Propensity score distribution overlap is often considered in terms of treatment-stratified histograms or kernel-smoothed density estimates. If propensity score density estimates do not overlap, it is likely that there is non-positivity for some combination of covariates. (However, positivity is *not* guaranteed even if propensity score distributions fully overlap; smoothed curves may obscure regions of non-positivity.) Identification of populations never- or always-treated may be one of the main advantages of propensity scores^{16}; regions of non-overlap are often trimmed in propensity scores.^{16} Trimming of propensity score curves reduces sample size and thus precision, and also changes the population in which inference is being made in complex ways. Consistent with this, Austin et al. found that as the c-statistic (area under the ROC curve) increased, the number of matched pairs for analysis decreased.^{26} Creating unnecessary non-overlap by inclusion of unnecessary covariates (i.e., non-confounders) in propensity score models should be avoided on both counts.

Using a *c*-statistic to guide propensity score modeling is therefore ill-advised.

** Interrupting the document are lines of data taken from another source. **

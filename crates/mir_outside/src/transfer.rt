// Reading all that a source has, and writing all of a piece.
ghost use Rattle.std.specs.Prelude.{◌+◌, ◌<◌, ◌≤◌, vec_len, IfOk, OnOk, OnErr, IsErrOf, IsOkUnless, alloc_error};
ghost use Rattle.std.specs.Io.KnownBytes.{Appends, Consumes, IsAtEnd};
ghost use Rattle.mir_outside.specs.Causes.{HasCause, NeverFalls, Rose};
ghost use Rattle.mir_outside.specs.Transfer.{AppendsPart, FitsWithin, TakesAtMost, TakesExactly};

use crate::{Failed, Memory, Sink, Source};
use std::alloc::Global;
use thiserror::Error;

/// Why `read_all` gave up.
#[derive(Clone, Copy, Debug, PartialEq, Eq, Error)]
pub enum ReadFault {
    /// The source failed.
    #[error("the source failed")]
    Failed,
    /// The source has more bytes than the limit.
    #[error("too many bytes")]
    TooLong,
    /// There is not enough memory for the bytes.
    #[error(transparent)]
    Memory(Memory),
}

/// How many bytes are asked for in one call.
const CHUNK: usize = 4096;

/// Reads a source to its end, and returns all its bytes, where there are at most `limit`, which is below the greatest
/// `usize`.
///
/// Never more than `limit + 1` bytes are taken, and where the bytes can be observed, exactly those that were taken are
/// gone after any answer. The refusals:
///
/// - `Failed`, only where the source's count of faults rose in this call or has saturated. At most `limit` bytes were
///   then taken.
/// - `TooLong`, exactly where `limit + 1` bytes came.
/// - `Memory`, at any point.
pub fn read_all<S: Source>(
    alloc: Global,
    source: &mut S,
    limit: usize,
) -> Result<Vec<u8>, ReadFault>
    requires { limit < usize.MAX }
    ensures all { IfOk result (λ v. Consumes (S.left source.old) (S.left source.new) v.items) }
    ensures end { OnOk result (IsAtEnd (S.left source.new)) }
    ensures within { IfOk result (λ v. vec_len v ≤ limit) }

    ensures most { TakesAtMost (S.left source.old) (S.left source.new) (limit + 1) }
    ensures too_long { IsErrOf result ReadFault.TooLong →
        TakesExactly (S.left source.old) (S.left source.new) (limit + 1) }
    ensures before_failure { IsErrOf result ReadFault.Failed →
        TakesAtMost (S.left source.old) (S.left source.new) limit }

    ensures count { NeverFalls (S.faults source.old) (S.faults source.new) }
    ensures failed { IsErrOf result ReadFault.Failed →
        Rose (S.faults source.old) (S.faults source.new) }

    // With bytes that fit and no fault, only memory can be missing.
    ensures complete { FitsWithin (S.left source.old) limit →
        ¬ Rose (S.faults source.old) (S.faults source.new) →
        IsOkUnless result (ReadFault.Memory alloc_error) }
{
    let mut bytes = Vec::new(alloc);
    let mut chunk = [0; CHUNK];
    while bytes.len() <= limit {
        let wanted = (limit - bytes.len() + 1).min(CHUNK);
        let count = match source.read(&mut chunk[..wanted]) {
            Ok(count) => count,
            Err(_) => return Err(ReadFault::Failed),
        };
        if count == 0 {
            return Ok(bytes);
        }
        bytes
            .extend_from_slice(&chunk[..count])
            .map_err(ReadFault::Memory)?;
    }
    Err(ReadFault::TooLong)
}

/// Writes the whole piece. It does not allocate.
///
/// `Failed` comes only where the sink's count of faults rose in this call or has saturated. A proper prefix of the
/// piece was then appended.
pub fn write_all<K: Sink>(sink: &mut K, piece: &[u8]) -> Result<(), Failed>
    ensures whole { OnOk result (Appends (K.written sink.old) (K.written sink.new) piece.now) }
    ensures part { OnErr result (AppendsPart (K.written sink.old) (K.written sink.new) piece.now) }
    ensures cause { HasCause (K.faults sink.old) (K.faults sink.new) result }
{
    let mut done = 0;
    while done < piece.len() {
        done += sink.write(&piece[done..])?;
    }
    Ok(())
}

Perhaps more to the point, a high *c*-statistic in the propensity score model is neither *necessary* nor *sufficient* for the control of confounding. Imagine a propensity score estimated in a randomized trial in which all risk factors for the outcome are perfectly balanced between treatment arms. The propensity score model built with these risk factors will have a *c*-statistic of 0.5: risk factors do not help predict the treatment assignment. But given perfect balance, there will be no confounding bias; thus a high *c*-statistic is not necessary. Conversely, a high *c*-statistic can be achieved by the inclusion of a strong instrument, independent of all confounders; thus, thus a high *c*-statistic is not sufficient.

Correspondingly, Weitzen et al. found in a simulation study that the *c*-statistic “had no relationship with residual confounding in…treatment effect estimates.”^{27} Austin et al. reiterated that “there was no clear relationship between the [*c*-statistic] of a given propensity score model and the degree to which conditioning on the propensity score balanced prognostically important variables between treated and untreated subjects in the matched sample.”^{26} In a third report, Austin argued that the *c*-statistic gives no indication as to whether confounders have been omitted from the propensity-score model, nor as to whether the propensity-score model has been correctly specified.^{28}

Neither *necessary nor sufficient* to ensure the control of confounding, the *c*-statistic is of limited value for covariate selection into a propensity score model and provides no certainty that all measured confounders have been balanced between treatment groups, or that interactions among covariates or higher order terms have been balanced. Indeed, preference for covariates which yield a high *c*-statistic may lead us to balance non-confounders including instrumental variables, resulting in reduced overlap of propensity score distributions between treatment arms, and reduced efficiency. This discussion is largely compatible with previous recommendations,^{2}^{,}^{26}^{–}^{29} and in general these cautions apply to other markers of model fit including the Hosmer-Lemeshow goodness-of-fit test statistic^{27} as well as to automated model fitting procedures which rely on the *c*-statistic.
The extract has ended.